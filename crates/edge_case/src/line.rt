//! Lines and words.
ghost use Rattle.std.specs.Prelude.{◌≡◌};
ghost use Rattle.std.specs.Option.{option_map, option_copied};
ghost use Rattle.edge_case.specs.Reading.{after_word, line_at, field_from, field_at, lent_field};
ghost use Rattle.edge_types.specs.Halves.{lent_pair};

use edge_types::around;

/// The byte that ends a line.
pub(crate) const LINE_FEED: u8 = b'\n';
/// The byte between the parts of a line.
pub(crate) const SPACE: u8 = b' ';
/// The byte between the items of a list.
pub(crate) const COMMA: u8 = b',';

/// What follows a word at the front.
#[tactic(auto, unfolding(crate::specs::Reading::after_word))]
pub(crate) fn after_word<'a>(word: &[u8], text: &'a [u8]) -> Option<&'a [u8]>
    ensures { option_copied result ≡ after_word word.now text.now }
{
    text.strip_prefix(word)
}

/// The rest of a line that begins with a word, and what follows the line.
#[tactic(auto, unfolding(crate::specs::Reading::line_at))]
pub(crate) fn line_at<'a>(word: &[u8], text: &'a [u8]) -> Option<(&'a [u8], &'a [u8])>
    ensures { option_map lent_pair result ≡ line_at word.now text.now }
{
    let value = after_word(word, text)?;
    around(LINE_FEED, value)
}

/// The rest of a line that begins with a word, or none if the line is absent; and what follows.
#[tactic(auto, unfolding(crate::specs::Reading::field_at))]
pub(crate) fn field_at<'a>(word: &[u8], text: &'a [u8]) -> Option<(Option<&'a [u8]>, &'a [u8])>
    ensures { option_map lent_field result ≡ field_at word.now text.now }
{
    let Some(value) = after_word(word, text) else {
        return Some((None, text));
    };
    let (value, rest) = around(LINE_FEED, value)?;
    Some((Some(value), rest))
}
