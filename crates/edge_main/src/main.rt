//! The program `esi_edge`: it reads a case text, assembles its page and prints the outcome,
//! serves pages over HTTP, or reports what is wrong with templates.
#![tactic(auto)]

ghost use Rattle.clap.specs.Words.{kind_of};
ghost use Rattle.edge_main.specs.Ending.{IsEndOf, IsRefusedAs};

mod ending;
mod program;
mod serving;

use clap::error::ErrorKind;
use edge_commands::{Refusal, Status, Words, check, explain, print_config, prints_config};
use edge_setup::{Named, Number};
use ending::status_of_serving;
use program::{Done, run_words};
use serving::serve;
use std::io;
use std::process::ExitCode;

fn main(rt: HostRuntime) -> ExitCode {
    let status = match words(&rt) {
        Ok(line) => match Words::of(&rt, line.as_slice()) {
            Ok(words) => match run(&rt, &words) {
                Done::Ran(status) => status,
                Done::Explains(ran) => explain(&rt, &ran),
                Done::Serves(mut options) => status_of_serving(serve(&rt, &mut options)),
                Done::Checks(checking) => check(&rt, &checking),
            },
            Err(status) => status,
        },
        Err(status) => status,
    };
    if let Some(line) = status.line() {
        // If standard error can't be written, only the status says it.
        let _ = eprintln!(rt; "{line}");
    }
    status.exit_code()
}

fn words(rt: &HostRuntime) -> Result<Vec<String>, Status> {
    match std::env::args(rt) {
        Ok(words) => words.collect(rt.alloc()).map_err(|_| Status::NoMemory),
        Err(error) if error.kind() == io::ErrorKind::InvalidData => Err(Status::NotText),
        Err(_) => Err(Status::NoMemory),
    }
}

// Judges the words, and runs the case that they ask for over standard input and output, or prints the options that hold.
fn run<'a>(rt: &HostRuntime, words: &'a Words<'_>) -> Done<'a> {
    let all = words.all();
    match run_words(rt.alloc(), all, &mut rt.reader(), &mut io::writer(rt)) {
        Ok(Done::Serves(_)) if prints_config(all) => Done::Ran(print_config(rt, all)),
        Ok(done) => done,
        Err(Refusal::Serve(option)) => Done::Ran(words.refused(rt, option)),
        Err(refusal) => Done::Ran(refused(rt, &refusal)),
    }
}

// Reports why the words are refused.
fn refused(rt: &HostRuntime, refusal: &Refusal) -> Status
    ensures { IsRefusedAs refusal.now result }
{
    match refusal {
        Refusal::Words(error) => told(rt, error),
        Refusal::Order => Status::BadOrder,
        Refusal::Ahead => Status::BadOption(Named::Number(Number::Ahead)),
        Refusal::Levels => Status::BadOption(Named::Number(Number::Levels)),
        Refusal::Serve(option) => Status::BadOption(*option),
        Refusal::NoMemory => Status::NoMemory,
    }
}

// Prints what `clap` has to say about the words.
fn told(rt: &HostRuntime, error: &clap::Error) -> Status
    ensures { IsEndOf (kind_of error.now) result }
{
    match error.kind() {
        ErrorKind::OutOfMemory => Status::NoMemory,
        ErrorKind::DisplayHelp | ErrorKind::DisplayVersion => Status::of_help(error.print(rt)),
        _ => {
            // If standard error can't be written, only the status says it.
            let _ = error.print(rt);
            Status::Usage
        }
    }
}
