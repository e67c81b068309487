//! Cases, and the texts that spell them.
ghost use Rattle.std.specs.Prelude.{◌≡◌, ◌≤◌, length, IfOk, IfSome, IfNone};
ghost use Rattle.edge_case.specs.Case.{IsCaseText};
ghost use Rattle.edge_case.specs.Reading.{case_of};

use crate::answers::answers_at;
use crate::heading::heading_at;
use edge_types::{NoMemory, PageUrl, Request, Table};
use std::alloc::Global;

/// The longest case text, in bytes.
pub const MAX_CASE: usize = 67_108_864;

/// A page's URL, a reader's request and the answers of origins.
#[derive(Drop)]
pub struct Case {
    /// The page's URL.
    pub url: PageUrl,
    /// The request.
    pub request: Request,
    /// The answers.
    pub table: Table,
}

// The case that a text spells.
#[tactic(auto, unfolding(crate::specs::Reading::case_of, crate::specs::Reading::lines_case))]
fn case_of(alloc: Global, text: &[u8]) -> Result<Option<Case>, NoMemory>
    ensures { IfOk result (λ found. found ≡ case_of text.now) }
{
    if text.len() > MAX_CASE {
        return Ok(None);
    }
    let Some((heading, rest)) = heading_at(text) else {
        return Ok(None);
    };
    let Some(url) = PageUrl::parse(alloc, heading.page)? else {
        return Ok(None);
    };
    let Some(table) = answers_at(alloc, rest)? else {
        return Ok(None);
    };
    Ok(Some(Case {
        url,
        request: heading.request(alloc)?,
        table,
    }))
}

impl Case {
    /// The case that a text spells; `None` if the text isn't a case text.
    ///
    /// Our profile.
    pub fn read(alloc: Global, text: &[u8]) -> Result<Option<Case>, NoMemory>
        ensures found { IfOk result (λ found. IfSome found (λ case. IsCaseText text.now case)) }
        ensures none { IfOk result (λ found. IfNone found ((case : Case) → IsCaseText text.now case → ⊥)) }
        ensures reading { IfOk result (λ found. found ≡ case_of text.now) }
    {
        case_of(alloc, text)
    }
}
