//! The lines before the answers.
ghost use Rattle.std.specs.Prelude.{◌≡◌, IfOk};
ghost use Rattle.std.specs.Option.{option_map};
ghost use Rattle.edge_case.specs.Document.{field_words};
ghost use Rattle.edge_case.specs.Case.{request_of};
ghost use Rattle.edge_case.specs.Reading.{fields_at, heading_at, lent_heading, lent_values, shown_heading};

use crate::bytes::lent_or_empty;
use crate::line::{field_at, line_at};
use edge_types::{NoMemory, Request, RequestField, SaysFields, SharedBytes, query_of};
use std::alloc::Global;

// How many fields a request has.
const FIELDS: usize = RequestField::ALL.len();

/// The lines before the answers, without their leading words.
#[derive(Clone, Copy, Drop)]
pub(crate) struct Heading<'a> {
    pub(crate) page: &'a [u8],
    /// Of each field, in the order of `RequestField::ALL`.
    pub(crate) values: [Option<&'a [u8]>; FIELDS],
}

// The lines of the fields, and what follows them.
fn fields_at(text: &[u8]) -> Option<([Option<&[u8]>; FIELDS], &[u8])>
    ensures { option_map lent_values result ≡ fields_at field_words text.now }
{
    let mut values = [None; FIELDS];
    let mut rest = text;
    for (i, field) in RequestField::ALL.iter().enumerate() {
        let (value, after) = field_at(field.heading_word(), rest)?;
        values[i] = value;
        rest = after;
    }
    Some((values, rest))
}

/// The lines before the answers, and what follows them.
#[tactic(auto, unfolding(crate::specs::Reading::heading_at))]
pub(crate) fn heading_at(text: &[u8]) -> Option<(Heading<'_>, &[u8])>
    ensures { option_map lent_heading result ≡ heading_at text.now }
{
    let (page, text) = line_at(b"page ", text)?;
    let (values, text) = fields_at(text)?;
    Some((Heading { page, values }, text))
}

impl SaysFields for Heading<'_> {
    ghost use Rattle.edge_case.specs.Case.{value_of};
    ghost use Rattle.edge_case.specs.Reading.{shown_heading};

    ghost says = { λ heading field. value_of (shown_heading heading).values field };

    fn said(&self, alloc: Global, field: RequestField) -> Result<SharedBytes, NoMemory> {
        SharedBytes::copy_of(alloc, lent_or_empty(self.values[field.place()]))
    }
}

impl Heading<'_> {
    /// The request that the lines denote.
    pub(crate) fn request(&self, alloc: Global) -> Result<Request, NoMemory>
        ensures { IfOk result (λ request. request ≡ request_of (shown_heading self.now)) }
    {
        let query = SharedBytes::copy_of(alloc, query_of(self.page))?;
        Request::said_by(alloc, self, query)
    }
}
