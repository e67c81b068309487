//! Case texts: a page's URL, a reader's request and the answers of origins in one text, which is
//! read, evaluated and printed; and the lists of events of the command line.
#![tactic(auto)]

mod answers;
mod bytes;
pub mod case_text;
pub mod ending;
mod entry;
mod heading;
mod input;
pub mod laws;
mod line;
mod number;
mod order;
mod printer;
pub mod runner;
mod templates;
mod writing;

pub use case_text::Case;
pub use ending::{CaseEnd, CaseFault};
pub use order::read_events;
pub use plan_runner::Running;
pub use runner::{Ran, run_case, run_case_and_keep};
pub use templates::templates_in;
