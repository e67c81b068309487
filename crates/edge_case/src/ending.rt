//! How the run of a case ends.
ghost use Rattle.std.specs.Prelude.{◌≡◌};
ghost use Rattle.edge_case.specs.declared.ending.CaseFault.TheVariants as fault;

use edge_types::NoMemory;
use std::alloc::{AllocError, AllocFailed};
use thiserror::Error;

/// What was printed.
#[derive(Clone, Copy, Debug, Drop, PartialEq, Eq)]
pub enum CaseEnd {
    /// A page.
    PagePrinted,
    /// The single line of a page's fault.
    FaultPrinted,
}

/// Why nothing was printed, or only a part.
#[derive(Clone, Copy, Debug, Drop, PartialEq, Eq, Error)]
pub enum CaseFault {
    /// The input isn't a case text.
    #[error("the input is no case text: write its lines in the form of case texts")]
    BadCase,
    /// An allocation failed.
    #[error("out of memory: run the case again with more of it")]
    NoMemory,
    /// A read failed.
    #[error("the input could not be read: hand it in again from its first byte")]
    Read,
    /// A write failed, or took no byte.
    #[error("the output could not be written: discard what was written, and run the case again")]
    Write,
}

impl From<NoMemory> for CaseFault {
    ghost from_gives = { λ _ e. e ≡ fault.NoMemory };

    fn from(_: NoMemory) -> CaseFault {
        CaseFault::NoMemory
    }
}

impl From<AllocError> for CaseFault {
    ghost from_gives = { λ _ e. e ≡ fault.NoMemory };

    fn from(_: AllocError) -> CaseFault {
        CaseFault::NoMemory
    }
}

impl<T: Drop> From<AllocFailed<T>> for CaseFault {
    ghost from_gives = { λ _ e. e ≡ fault.NoMemory };

    fn from(_: AllocFailed<T>) -> CaseFault {
        CaseFault::NoMemory
    }
}
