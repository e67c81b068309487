//! How the program ends after serving.
ghost use Rattle.std.specs.Prelude.{◌≡◌};
ghost use Rattle.edge_main.specs.Ending.{serving_status};

use edge_commands::Status;
use edge_connections::ServeEnd;

/// The status of a server, by how it ended.
pub(crate) fn status_of_serving(ended: Result<ServeEnd, Status>) -> Status
    ensures { result ≡ serving_status ended }
{
    match ended {
        Ok(ServeEnd::Served) => Status::Served,
        Ok(ServeEnd::AcceptsFailed) => Status::InputOutput,
        Err(status) => status,
    }
}
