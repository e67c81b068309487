//! The URL of a leg.
ghost use Rattle.std.specs.Prelude.{◌≡◌, IfOk};
ghost use Rattle.edge_types.specs.Asked.{resolve};
ghost use Rattle.esi_vars.specs.Values.{substituted};

use edge_types::{MAX_TEXT, NoMemory, PageUrl, Request};
use esi_vars::{Lookups, Part, substitute_within};
use std::alloc::Global;

/// The URL that a source denotes, its references replaced, in a template at this base; `None` as in
/// `PageUrl::resolve`. `NoMemory` if an allocation fails. The lookups change no URL.
///
/// Source: ESI Language Specification 1.0, "include" and "Variables".
//
// A text that gets too long to be resolved is given up while it is made: a long field of the request
// can be asked for many times in one text.
pub fn leg_url(
    alloc: Global,
    request: &Request,
    base: &PageUrl,
    source: &[Part],
    lookups: &mut Lookups,
) -> Result<Option<PageUrl>, NoMemory>
    ensures { IfOk result (λ found. found ≡ resolve base.now (substituted request.now source.now)) }
{
    match substitute_within(alloc, request, source, MAX_TEXT, lookups)? {
        Some(text) => base.resolve(alloc, text.as_slice()),
        None => Ok(None),
    }
}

..........

EXERCISE AIM: Your answer should consist solely of the lines above from the line with "option_map lent_field result" to the line with "use std::process::ExitCode;", both included, reproduced exactly.

PROBLEM SOLUTION:
    ensures { option_map lent_field result ≡ field_at word.now text.now }
{
    let Some(value) = after_word(word, text) else {
        return Some((None, text));
    };
    let (value, rest) = around(LINE_FEED, value)?;
    Some((Some(value), rest))
}
filename crates/edge_main/src/main.rt
//! The program `esi_edge`: it reads a case text, assembles its page and prints the outcome,
//! serves pages over HTTP, or reports what is wrong with templates.
#![tactic(auto)]

ghost use Rattle.clap.specs.Words.{kind_of};
ghost use Rattle.edge_main.specs.Ending.{IsEndOf, IsRefusedAs};

mod ending;
mod program;
mod serving;

use clap::error::ErrorKind;
use edge_commands::{Refusal, Status, Words, check, explain, print_config, prints_config};
use edge_setup::{Named, Number};
use ending::status_of_serving;
use program::{Done, run_words};
use serving::serve;
use std::io;
use std::process::ExitCode;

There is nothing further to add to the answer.